Show that $\{(x,y): 0 < x \leq 1; y = \sin{1/x}\} \cup \{z: x = 0; -1 \leq y \leq 1\}$ is not path connected

Question

Show that $\{(x,y): 0 < x \leq 1; y = \sin{1/x}\} \cup \{z: x = 0; -1 \leq y \leq 1\}$ is not path connected. The book gives this set as an example of a closed, connected but not path connected set. I don't understand how it is possible though. The first component is continuous everywhere except $(0,0)$ and the second component contains $(0,0)$ too and is continuous on every point. Clearly they are path connected individually. Which are those 2 points one on the first component, the other on second component, that can't be connected with a curve from the given set?

Answer 1

Suppose there is a path $f(t)=(a(t), b(t))$, $t\in [0, 1]$ and $f(0)$ is a point in the upright segment and $f(1)$ is a point on the given curve. Then if $t_0$ such that the path $f$ leaves the upright segment then the limit $\lim_{t\to t_0^{+}} f(t)$ should exist with also $b(t)=\sin (1/t)$ for $t\in (t_0, 1]$. But arbitary near any point of the upright segment $b(t)$ takes values from $1 $ to $-1$.

EDIT

Consider a circle of arbritary small radius and center the point $A=f(t_0)$ then from the semi plane $x>0$ the topologist's sine curve goes in and out this circle infinity many times.

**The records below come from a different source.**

//! The handle table of one rank: its open requests, as a map from the handles 1 to 255.
//!
//! MPI 4.1's words are used: an ordinary request is completed once (chapter 3.7), a persistent one is started again
//! and again (3.9), a partitioned one moves its bytes part by part (chapter 4).
#![tactic(auto)]

mod call_laws;
mod entries;
mod kept;
mod laws;
mod refusals;
mod table;
mod worked;

pub use call_laws::{nothing_law, start_law, states_law, test_law};
pub use entries::{OpenRequest, Partitions, Progress, State, Transfer, is_same_transfer};
pub use kept::KeptRequests;
pub use laws::{completion_law, map_law};
pub use refusals::Refusal;
pub use table::{HANDLES, Requests};
pub use worked::{
    completion_rows, done_rows, lowest_free_rows, named_rows, refusal_rows, testable_rows,
};
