//! The legend: each shape that the picture has, drawn.

use crate::arrows::{Kinds, kinds_of};
use crate::forms::{
    ARROW_SIGN, BAR_SIGN, MARK_SIGN, MEANING, NUMBERS, ONE_KIND, SEVERAL_KINDS, WILD_SIGN,
};
use crate::marks::shape_name;
use crate::pieces::Piece::{Number, Words};
use crate::pieces::put;
use rvmc_draw::{Carried, Drawing, Shape};
use std::io;

/// How high a row of the legend is, how far apart two of its signs are, in per cent, and where a row ends.
const ROW: u64 = 17;

const APART: u64 = 33;

const END: u64 = 99;

/// How far apart two lines are.
const LINE: u64 = 14;

/// What a picture may have that has a sign: which says how the sign is drawn.
#[derive(Clone, Copy, Drop)]
enum Sign {
    /// A mark of this shape.
    Mark(Shape),
    /// A hart that waits, and goes on or doesn't: a bar of this class.
    Bar(bool, &'static str),
    /// A receive of any source.
    Wild,
    /// An arrow that isn't plain: a line of this class.
    Arrow(Kind, &'static str),
}

/// A kind of arrow.
#[derive(Clone, Copy, Drop)]
enum Kind {
    /// To a claim.
    Claim,
    /// Of what could have been taken.
    Could,
    /// Of a message that nobody got, or of a partition that nobody took.
    Lost,
}

/// All signs and what they mean, in the legend's order.
static SIGNS: [(Sign, &str); 21] = [
    (Sign::Mark(Shape::Send), "sends"),
    (Sign::Mark(Shape::SyncSend), "sends, synchronous"),
    (Sign::Mark(Shape::Done), "send complete"),
    (Sign::Mark(Shape::Posted), "receive posted"),
    (Sign::Mark(Shape::Got), "has got"),
    (Sign::Mark(Shape::Seen), "probe saw"),
    (Sign::Mark(Shape::Claimed), "claims"),
    (Sign::Mark(Shape::Ready), "partition ready"),
    (Sign::Mark(Shape::Taken), "partition taken"),
    (Sign::Mark(Shape::Freed), "known to be taken"),
    (Sign::Mark(Shape::Put), "puts out"),
    (Sign::Mark(Shape::Exit), "ends"),
    (Sign::Mark(Shape::Trap), "traps"),
    (Sign::Mark(Shape::Refused), "call refused"),
    (Sign::Mark(Shape::Other), "another call"),
    (Sign::Bar(true, "wait"), "waits"),
    (Sign::Bar(false, "ever"), "waits at the end"),
    (Sign::Wild, "from any rank"),
    (Sign::Arrow(Kind::Lost, "lost"), "got by nobody"),
    (Sign::Arrow(Kind::Claim, "claim"), "to the claim"),
    (Sign::Arrow(Kind::Could, "far"), "could have been got"),
];

/// Whether the picture has what this is the sign of.
fn has(drawing: &Drawing, sign: Sign) -> bool {
    for mark in drawing.marks.as_slice() {
        let is = match sign {
            Sign::Mark(shape) => mark.shape == shape,
            Sign::Wild => mark.wild,
            _ => false,
        };
        if is {
            return true;
        }
    }
    for bar in drawing.bars.as_slice() {
        let is = match sign {
            Sign::Bar(went_on, _) => bar.went_on == went_on,
            _ => false,
        };
        if is {
            return true;
        }
    }
    for arrow in drawing.arrows.as_slice() {
        let is = match sign {
            Sign::Arrow(Kind::Claim, _) => matches!(arrow.carried, Carried::Claim { .. }),
            Sign::Arrow(Kind::Could, _) => matches!(arrow.carried, Carried::Could { .. }),
            Sign::Arrow(Kind::Lost, _) => arrow.to.is_none(),
            _ => false,
        };
        if is {
            return true;
        }
    }
    false
}

/// Adds what all messages share, or how one is told, and where the next line stands.
fn put_kinds(text: &mut Vec<u8>, drawing: &Drawing, down: u64) -> io::Result<u64> {
    match kinds_of(drawing.arrows.as_slice()) {
        Kinds::None => return Ok(down),
        Kinds::One(tag, count) => {
            let (tag, size) = (Number(u64::from(tag)), Number(u64::from(count)));
            let unit = Words(if count == 1 { "byte" } else { "bytes" });
            put(text, ONE_KIND, &[Number(down), tag, size, unit])?
        }
        Kinds::Several => put(text, SEVERAL_KINDS, &[Number(down)])?,
    }
    Ok(down.saturating_add(LINE))
}

/// Adds the legend, from this row on, and tells where it ends.
pub(crate) fn put_legend(text: &mut Vec<u8>, drawing: &Drawing, from: u64) -> io::Result<u64> {
    let mut down = put_kinds(text, drawing, from)?;
    put(text, NUMBERS, &[Number(down)])?;
    down = down.saturating_add(18);
    let mut across: u64 = 0;
    for row in &SIGNS {
        let (sign, meaning) = *row;
        if !has(drawing, sign) {
            continue;
        }
        let (form, class) = match sign {
            Sign::Mark(shape) => (MARK_SIGN, shape_name(shape)),
            Sign::Bar(_, class) => (BAR_SIGN, class),
            Sign::Wild => (WILD_SIGN, ""),
            Sign::Arrow(_, class) => (ARROW_SIGN, class),
        };
        let pieces = [
            Number(across),
            Number(down),
            Words(class),
            Number(down.saturating_sub(6)),
            Number(down.saturating_add(4)),
            Words(meaning),
        ];
        put(text, form, &pieces)?;
        put(text, MEANING, &pieces)?;
        across = across.saturating_add(APART);
        if across >= END {
            across = 0;
            down = down.saturating_add(ROW);
        }
    }
    Ok(down.saturating_add(ROW))
}
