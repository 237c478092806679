//! Arrows: messages, claims, what a wildcard receive could have taken, and partitions.

ghost use Rattle.std.specs.Prelude.{◌≡◌, ◌++◌, OnOk};
ghost use Rattle.rvmc_svg.specs.Adding.{AddsIf, AddsWanted, is_wanted};
ghost use Rattle.rvmc_svg.specs.Titles.{arrow_title, cargo_text};

use crate::forms::{BARE, BORDER, BOW, CLOSED, LABEL, LOSS, OPEN, STRAIGHT};
use crate::labels::{LETTER, Places};
use crate::layout::{Layout, part_way};
use crate::marks::put_titled;
use crate::pieces::Piece::{Across, Number, Rank, Words};
use crate::pieces::put;
use rvmc_draw::{Arrow, Carried, Spot};
use std::alloc::Global;
use std::io;
use std::io::Write;

/// What is told of what an arrow carries.
fn put_carried(text: &mut Vec<u8>, carried: &Carried) -> io::Result<()>
    ensures { OnOk result (text.new.items ≡ text.old.items ++ cargo_text carried.now) }
{
    match carried {
        Carried::Message { tag, count } => write!(text, "tag {tag}, {count} bytes"),
        Carried::Claim { tag, count } => write!(text, "claimed, tag {tag}, {count} bytes"),
        Carried::Could { tag, count } => {
            write!(text, "could have been taken, tag {tag}, {count} bytes")
        }
        Carried::Partition { link, part, phase } => {
            write!(text, "link {link} partition {part} phase {phase}")
        }
    }
}

/// What is told of an arrow.
fn put_title(text: &mut Vec<u8>, arrow: &Arrow) -> io::Result<()>
    ensures { OnOk result (text.new.items ≡ text.old.items ++ arrow_title arrow.now) }
{
    let Spot { place, rank, .. } = arrow.from;
    write!(text, "step {place} of rank {rank} to ")?;
    match arrow.to {
        Some(to) => {
            let Spot { place, rank, .. } = to;
            write!(text, "step {place} of rank {rank}: ")?
        }
        None => {
            let dest = arrow.dest;
            write!(text, "rank {dest}, where nobody got it: ")?
        }
    }
    put_carried(text, &arrow.carried)
}

/// How an arrow's line is drawn, and its end: closed where it was got, open where nobody got it, none where it could have
/// been.
fn drawn_as(arrow: &Arrow) -> (&'static str, &'static str) {
    let got = arrow.to.is_some();
    let head = if got { CLOSED } else { OPEN };
    match arrow.carried {
        Carried::Could { .. } => ("a thin far", BARE),
        Carried::Claim { .. } => ("a thin claim", head),
        Carried::Partition { .. } => (if got { "a part" } else { "a part lost" }, head),
        Carried::Message { .. } => (if got { "a" } else { "a lost" }, head),
    }
}

/// Adds what stands behind an arrow's title: its line, straight from one lane to another or a bow beside its lane, and the
/// numbers of its steps that aren't shown, at the border.
fn put_drawn(text: &mut Vec<u8>, layout: &Layout<'_>, arrow: &Arrow) -> io::Result<()> {
    let line = layout.line_of(arrow);
    let (class, head) = drawn_as(arrow);
    let (shape, end) = if line.from == line.to {
        (BOW, "</svg>")
    } else {
        (STRAIGHT, "")
    };
    let pieces = [
        Words(class),
        Rank(arrow.from.rank),
        Across(line.from),
        Number(line.from_row),
        Across(line.to),
        Number(line.to_row),
        Number(line.to_row.saturating_sub(line.from_row)),
    ];
    put(text, shape, &pieces)?;
    put(text, head, &pieces)?;
    put(text, end, &[])?;
    let from = arrow.from.place;
    if from < layout.drawing.from {
        let row = Number(line.from_row.saturating_add(3));
        put(text, BORDER, &[Across(line.from), row, Number(from)])?;
    }
    if let Some(to) = arrow.to {
        if to.place >= layout.drawing.to {
            let row = Number(line.to_row.saturating_add(3));
            put(text, BORDER, &[Across(line.to), row, Number(to.place)])?;
        }
    }
    put(text, "</g>\n", &[])
}

/// Adds an arrow if it is wanted: if it tells of what could have been taken, or else if it doesn't.
#[tactic(auto, using(crate::proofs::Shown::adds_none, crate::proofs::Shown::adds_some))]
fn put_arrow(
    alloc: Global,
    text: &mut Vec<u8>,
    layout: &Layout<'_>,
    could: bool,
    arrow: &Arrow,
) -> io::Result<()>
    ensures { OnOk result
        (AddsIf (is_wanted could arrow.now.carried) text.old.items (arrow_title arrow.now) text.new.items) }
{
    let wanted = match arrow.carried {
        Carried::Could { .. } => could,
        _ => !could,
    };
    if wanted {
        let mut title = Vec::new(alloc);
        put_title(&mut title, arrow)?;
        let mut behind = Vec::new(alloc);
        put_drawn(&mut behind, layout, arrow)?;
        put_titled(text, b"<g>", title.as_slice(), behind.as_slice())?;
    }
    Ok(())
}

/// Adds those that tell of what could have been taken, or the others.
pub(crate) fn put_arrows(
    alloc: Global,
    text: &mut Vec<u8>,
    layout: &Layout<'_>,
    could: bool,
    arrows: &[Arrow],
) -> io::Result<()>
    ensures { OnOk result (AddsWanted could arrows.now text.old.items text.new.items) }
{
    for arrow in arrows {
        put_arrow(alloc, text, layout, could, arrow)?;
    }
    Ok(())
}

/// The tags and sizes of a picture's messages.
#[derive(Clone, Copy, Drop)]
pub(crate) enum Kinds {
    /// There is no message.
    None,
    /// All have this tag and this size.
    One(u16, u16),
    Several,
}

/// The tags and sizes of messages among arrows.
pub(crate) fn kinds_of(arrows: &[Arrow]) -> Kinds {
    let mut kinds = Kinds::None;
    for arrow in arrows {
        if let Carried::Message { tag, count } = arrow.carried {
            if let Kinds::One(other_tag, other_count) = kinds {
                if tag != other_tag || count != other_count {
                    return Kinds::Several;
                }
            }
            kinds = Kinds::One(tag, count);
        }
    }
    kinds
}

/// How far along an arrow its label is tried, in hundredths.
static TRIED: [u64; 4] = [18, 32, 50, 68];

/// How many letters a label has, about.
const LABEL_LETTERS: u64 = 9;

/// Adds the tag and the size of each message that was got beside its arrow, where there is room, unless all have one kind.
pub(crate) fn put_labels(
    text: &mut Vec<u8>,
    places: &mut Places,
    layout: &Layout<'_>,
) -> io::Result<()> {
    let arrows = layout.drawing.arrows.as_slice();
    if let Kinds::One(..) = kinds_of(arrows) {
        return Ok(());
    }
    let width = places.pixels(LABEL_LETTERS * LETTER);
    for arrow in arrows {
        let Carried::Message { tag, count } = arrow.carried else {
            continue;
        };
        let line = layout.line_of(arrow);
        if line.from == line.to || arrow.to.is_none() {
            continue;
        }
        for way in &TRIED {
            let at = part_way(line.from, line.to, *way);
            let row = part_way(line.from_row, line.to_row, *way).saturating_sub(2);
            if places.take(at.saturating_sub(width / 2), width, row)? {
                let rank = Rank(arrow.from.rank);
                let (tag, count) = (Number(u64::from(tag)), Number(u64::from(count)));
                put(text, LABEL, &[rank, Across(at), Number(row), tag, count])?;
                break;
            }
        }
    }
    Ok(())
}

/// How many letters the label of an open head has, and how many pixels it takes.
const NOT_GOT: usize = 13;

const NOT_GOT_PIXELS: u64 = 78;

/// How far below an open head its label is tried.
static LOWER: [u64; 3] = [4, 16, 28];

/// Adds at the open head of what nobody got that it wasn't, where there is room: behind the head, or where the arrow leads to
/// its own lane at the side that has room.
pub(crate) fn put_losses(
    text: &mut Vec<u8>,
    places: &mut Places,
    layout: &Layout<'_>,
) -> io::Result<()> {
    let width = places.pixels(NOT_GOT_PIXELS);
    for arrow in layout.drawing.arrows.as_slice() {
        if arrow.to.is_some() {
            continue;
        }
        let line = layout.line_of(arrow);
        let right = if line.to == line.from {
            places.is_inside(false, line.to, 4, NOT_GOT)
        } else {
            line.to > line.from
        };
        let (anchor, dx, left) = if right {
            (Words("start"), Words("4"), line.to)
        } else {
            (Words("end"), Words("-4"), line.to.saturating_sub(width))
        };
        for lower in &LOWER {
            let row = line.to_row.saturating_add(*lower);
            if places.take(left, width, row)? {
                let (rank, dest) = (Rank(arrow.from.rank), Rank(arrow.dest));
                put(
                    text,
                    LOSS,
                    &[rank, anchor, dx, Across(line.to), Number(row), dest],
                )?;
                break;
            }
        }
    }
    Ok(())
}
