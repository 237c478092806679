//! A table of requests that is kept as it was at one time, in no more memory than what its handles named.

ghost use Rattle.std.specs.Prelude.{◌≡◌, ◌≤◌, IfOk, None, length};
ghost use Rattle.mp_request.specs.Kept.{whole_table};

use crate::entries::OpenRequest;
use crate::table::{HANDLES, Requests};
use std::alloc::{AllocError, Global};
use std::marker::Model;

/// A table that is kept. Contracts see the list of what each of the 255 handles named.
#[derive(Drop)]
pub struct KeptRequests {
    // of handle 1 to the last one that was open
    slots: Vec<Option<OpenRequest>>,
}

impl Model for KeptRequests {
    ghost use Rattle.std.specs.Prelude.{◌≤◌, List, Option, length};
    ghost use Rattle.mp_request.specs.declared.entries.OpenRequest.{OpenRequest};
    ghost use Rattle.mp_request.specs.Kept.{whole_table};

    ghost Value = { List (Option OpenRequest) };

    ghost view = { λ kept. whole_table kept.slots.items };

    ghost invariant = { λ kept. length kept.slots.items ≤ 255 };
}

/// The slots up to the last one that names something.
fn up_to_last(slots: &[Option<OpenRequest>]) -> &[Option<OpenRequest>]
    requires { length slots.now ≤ 255 }
    ensures filled { whole_table result.now ≡ whole_table slots.now }
    ensures few { length result.now ≤ 255 }
{
    let mut left = slots;
    while let Some((last, before)) = left.split_last() {
        if last.is_some() {
            return left;
        }
        left = before;
    }
    left
}

impl Requests {
    /// What the handles name, from handle 1 up to the last that is open.
    pub fn front(&self) -> &[Option<OpenRequest>]
        ensures filled { whole_table result.now ≡ self.now }
        ensures few { length result.now ≤ 255 }
    {
        up_to_last(self.slots())
    }

    /// The table as it is now, kept. The only error is want of memory.
    pub fn keep(&self, alloc: Global) -> Result<KeptRequests, AllocError>
        ensures { IfOk result (λ kept. kept ≡ self.now) }
    {
        Ok(KeptRequests {
            slots: Vec::from_slice(alloc, self.front())?,
        })
    }
}

impl KeptRequests {
    /// What the handles named, from handle 1 up to the last that was open.
    pub fn front(&self) -> &[Option<OpenRequest>]
        ensures { whole_table result.now ≡ self.now }
    {
        self.slots.as_slice()
    }

    /// The same table in memory of its own, that goes on from here. The only error is want of memory.
    pub fn live(&self, alloc: Global) -> Result<Requests, AllocError>
        ensures { IfOk result (λ table. table ≡ self.now) }
    {
        let mut slots = Vec::with_capacity(alloc, HANDLES)?;
        slots.extend_from_slice(self.slots.as_slice())?;
        slots.resize(HANDLES, None)?;
        Ok(Requests { slots })
    }
}
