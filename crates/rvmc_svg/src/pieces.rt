//! Pieces of the text, and forms that they are put into.

use crate::safe::put_text;
use std::io;
use std::io::Write;

/// A piece of the text.
#[derive(Clone, Copy, Drop)]
pub(crate) enum Piece<'a> {
    /// Words of the picture's own, as they are.
    Words(&'a str),
    /// Bytes of a guest, escaped where they would be markup.
    Guest(&'a [u8]),
    /// The number of a rank.
    Rank(u8),
    /// The number of a hart.
    Hart(u8),
    /// Any other number.
    Number(u64),
    /// A length across, in per cent.
    Across(u64),
}

/// Adds a piece.
fn put_piece(text: &mut Vec<u8>, piece: Piece<'_>) -> io::Result<()> {
    match piece {
        Piece::Words(words) => write!(text, "{words}"),
        Piece::Guest(bytes) => put_text(text, bytes),
        Piece::Rank(number) | Piece::Hart(number) => write!(text, "{number}"),
        Piece::Number(number) => write!(text, "{number}"),
        Piece::Across(at) => {
            let whole = at / 100;
            let part = at % 100;
            write!(text, "{whole}.{part:02}%")
        }
    }
}

/// Adds a form, where each `{N}` is the piece with this number, from 0 to 9.
pub(crate) fn put(text: &mut Vec<u8>, form: &str, pieces: &[Piece<'_>]) -> io::Result<()> {
    let mut is_number = false;
    for byte in form.as_bytes() {
        if *byte == b'{' {
            is_number = true;
        } else if *byte == b'}' {
            is_number = false;
        } else if !is_number {
            text.push(*byte)?;
        } else if let Some(piece) = pieces.get(usize::from(byte.saturating_sub(b'0'))) {
            put_piece(text, *piece)?;
        }
    }
    Ok(())
}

That means that the path cannot be continuous near the point $A$, which is absurd.

Please also note that the continuous path $f(t)$ lying in the semi plane $x>0$ may not have the parametrization of $f(t)=(t,\sin(1/t))$, (although I consider as such for simplicity) but in all cases should have the same track of the curve $(t,\sin(1/t)), t\in (0, 1]$.